The single-dose COVID-19 vaccine Sputnik Light received approval from the Subject Expert Committee (SEC) of the Drugs Controller General of India (DCGI) today to conduct phase 3 bridging trials in India.
Last year, Hyderabad-based Dr Reddy’s Laboratories had partnered with the Russian Direct Investment Fund (RDIF) to conduct phase 3 trials of the vaccine.
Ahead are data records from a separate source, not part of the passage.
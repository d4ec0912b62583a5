//! The body of the event `exited`: the program's exit code.

use crate::members::EXIT_CODE;
use crate::part::Part;
use crate::{find, member};
use json::Writer;
use protocol::Unread;
use serde_json::Value;
use std::alloc::{AllocError, Global};

/// That the program exited (`ExitedEvent`).
#[derive(Drop)]
pub struct Exited {
    /// Its exit code.
    pub exit_code: i32,
}

impl Part for Exited {
    ghost use Rattle.message_parts.specs.Exited.{exited};

    ghost form = { exited };

    fn write(&self, out: &mut Writer) -> Result<(), AllocError> {
        out.begin_object()?;
        member::signed(out, EXIT_CODE, self.exit_code)?;
        out.end_object()
    }

    fn read(_alloc: Global, value: &Value) -> Result<Exited, Unread> {
        Ok(Exited {
            exit_code: find::signed(value, EXIT_CODE)?,
        })
    }
}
After the company submitted safety, immunogenicity and efficacy data, the SEC granted permission for conducting the trials in India, a statement by the Central Drugs Standard Control Organisation said.
“The committee noted that the firm has now presented the safety and immunogenicity along with the longevity of the antibodies which gives a measure of persistence of antibodies in the participants,” the statement added.
In May, Dr Reddy’s CEO Deepak Sapra told NDTV that the company will have discussions with the government and the regulator in June for an immediate launch. But in July, the expert committee refused to grant emergency-use authorisation for Sputnik Light, ruling out third phase trials for the vaccine developed by Russia’s Gamaleya Institute. The committee had said it did not find any “scientific rationale” for the trials to be conducted.
According to Sputnik Light makers, the vaccine has shown an efficacy of 79.4 per cent. If the jab is approved in India, Sputnik Light could be the first single-dose vaccine to be used in the country.
In Russia, the vaccine has been approved for people above 60 years old. The pharma firm has said the vaccine does not cause serious adverse effects.